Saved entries
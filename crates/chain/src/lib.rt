// The chain: rule 3, which follows the links, and rules 4 and 5 in one walk along them.
#![tactic(auto)]

pub mod fault;
pub mod head;

ghost use Rattle.std.specs.Prelude.{◌≡◌, ◌*◌, ◌≤◌, length};
ghost use Rattle.meaning.specs.Words.{highest};
ghost use Rattle.walks.specs.Links.{linked};
ghost use Rattle.chain.specs.Chained.{Chained};
ghost use Rattle.chain.specs.Measure.{measure_of};
ghost use Rattle.chain.specs.Told.{told};

use crate::fault::Fault;
use segment::scan::scan_slots;

// Rule 3. Exactly H links are followed, so that a loop in the chain can't hold the walk; and where the last of them gives 0 no
// segment came twice, so that none needs to be marked.
pub fn links_right(d: &[u16]) -> bool
    requires { (512 ≤ length d.now) × (512 * highest d.now ≤ length d.now) }
    ensures { result ≡ linked (highest d.now) d.now 1 }
{
    let total = d[0];
    let highest = d[2] as usize;
    let extra_bytes = d[3];
    let mut segment: usize = 1;
    for _ in 0..highest {
        if segment < 1 || highest < segment {
            return false;
        }
        let base = 512 * (segment - 1);
        if d[base] != total || d[base + 3] != extra_bytes {
            return false;
        }
        segment = d[base + 1] as usize;
    }
    segment == 0
}

// Rules 4 and 5. A segment that begins at a wrong block breaks rule 5, but doesn't end the walk, since a fault by rule 4 further on comes
// first. Blocks are summed in a usize: 31 segments of 507 lengths fit, and nothing is reduced by 65,536.
pub fn measure(d: &[u16], v: usize) -> Result<(), Fault>
    requires { Chained d.now }
    ensures { told result ≡ measure_of v d.now }
{
    let width = 7 + (d[3] / 2) as usize;
    let mut segment: usize = 1;
    let mut block: usize = 6 + 2 * (d.len() / 512);
    let mut joined = true;
    for _ in 0..d[2] {
        let base = 512 * (segment - 1);
        let words = &d[base..base + 512];
        let Some(sum) = scan_slots(words, width) else {
            return Err(Fault::Slots);
        };
        joined = joined && words[4] as usize == block;
        block += sum.blocks;
        segment = words[1] as usize;
    }
    if joined && block == v {
        Ok(())
    } else {
        Err(Fault::Blocks)
    }
}
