// Rules 1 and 2: the slice has whole segments, and segment 1 says how many of them are in use. Nothing further is read before these
// have passed.
ghost use Rattle.std.specs.Prelude.{◌≡◌, ◌≤◌, length};
ghost use Rattle.meaning.specs.Sound.{bad2};
ghost use Rattle.chain.specs.Head.{size_wrong};

// Rule 1, of the slice's length alone: no word can be read before it has passed. `v` is wider than 16 bits, so that a volume of
// more than 65,535 blocks is refused and not reduced.
pub fn size_wrong(v: usize, len: usize) -> bool
    ensures { result ≡ size_wrong v len }
{
    let segments = len / 512;
    segments < 1 || 31 < segments || len != 512 * segments || v < 6 + 2 * segments || 65535 < v
}

// Rule 2, of segment 1's words. Four words are enough to ask, so that it asks for no more of rule 1 than it needs.
pub fn head_wrong(d: &[u16]) -> bool
    requires { 4 ≤ length d.now }
    ensures { result ≡ bad2 d.now }
{
    let segments = d.len() / 512;
    let highest = d[2] as usize;
    let extra_bytes = d[3];
    d[0] as usize != segments
        || highest < 1
        || segments < highest
        || extra_bytes % 2 != 0
        || 32 < extra_bytes
}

- **Task objective**
Restating all of the data exactly is the whole task.

- **Result**
filename crates/chain/src/lib.rt
// The chain: rule 3, which follows the links, and rules 4 and 5 in one walk along them.
#![tactic(auto)]

pub mod fault;
pub mod head;

ghost use Rattle.std.specs.Prelude.{◌≡◌, ◌*◌, ◌≤◌, length};
ghost use Rattle.meaning.specs.Words.{highest};
ghost use Rattle.walks.specs.Links.{linked};
ghost use Rattle.chain.specs.Chained.{Chained};
ghost use Rattle.chain.specs.Measure.{measure_of};
ghost use Rattle.chain.specs.Told.{told};

use crate::fault::Fault;
use segment::scan::scan_slots;

// Rule 3. Exactly H links are followed, so that a loop in the chain can't hold the walk; and where the last of them gives 0 no
// segment came twice, so that none needs to be marked.
pub fn links_right(d: &[u16]) -> bool
    requires { (512 ≤ length d.now) × (512 * highest d.now ≤ length d.now) }
    ensures { result ≡ linked (highest d.now) d.now 1 }
{
    let total = d[0];
    let highest = d[2] as usize;
    let extra_bytes = d[3];
    let mut segment: usize = 1;
    for _ in 0..highest {
        if segment < 1 || highest < segment {
            return false;
        }
        let base = 512 * (segment - 1);
        if d[base] != total || d[base + 3] != extra_bytes {
            return false;
        }
        segment = d[base + 1] as usize;
    }
    segment == 0
}

// Rules 4 and 5. A segment that begins at a wrong block breaks rule 5, but doesn't end the walk, since a fault by rule 4 further on comes
// first. Blocks are summed in a usize: 31 segments of 507 lengths fit, and nothing is reduced by 65,536.
pub fn measure(d: &[u16], v: usize) -> Result<(), Fault>
    requires { Chained d.now }
    ensures { told result ≡ measure_of v d.now }
{
    let width = 7 + (d[3] / 2) as usize;
    let mut segment: usize = 1;
    let mut block: usize = 6 + 2 * (d.len() / 512);
    let mut joined = true;
    for _ in 0..d[2] {
        let base = 512 * (segment - 1);
        let words = &d[base..base + 512];
        let Some(sum) = scan_slots(words, width) else {
            return Err(Fault::Slots);
        };
        joined = joined && words[4] as usize == block;
        block += sum.blocks;
        segment = words[1] as usize;
    }
    if joined && block == v {
        Ok(())
    } else {
        Err(Fault::Blocks)
    }
}
// Rules 1 and 2: the slice has whole segments, and segment 1 says how many of them are in use. Nothing further is read before these
// have passed.
ghost use Rattle.std.specs.Prelude.{◌≡◌, ◌≤◌, length};
ghost use Rattle.meaning.specs.Sound.{bad2};
ghost use Rattle.chain.specs.Head.{size_wrong};

// Rule 1, of the slice's length alone: no word can be read before it has passed. `v` is wider than 16 bits, so that a volume of
// more than 65,535 blocks is refused and not reduced.
pub fn size_wrong(v: usize, len: usize) -> bool
    ensures { result ≡ size_wrong v len }
{
    let segments = len / 512;
    segments < 1 || 31 < segments || len != 512 * segments || v < 6 + 2 * segments || 65535 < v
}

// Rule 2, of segment 1's words. Four words are enough to ask, so that it asks for no more of rule 1 than it needs.
pub fn head_wrong(d: &[u16]) -> bool
    requires { 4 ≤ length d.now }
    ensures { result ≡ bad2 d.now }
{
    let segments = d.len() / 512;
    let highest = d[2] as usize;
    let extra_bytes = d[3];
    d[0] as usize != segments
        || highest < 1
        || segments < highest
        || extra_bytes % 2 != 0
        || 32 < extra_bytes
}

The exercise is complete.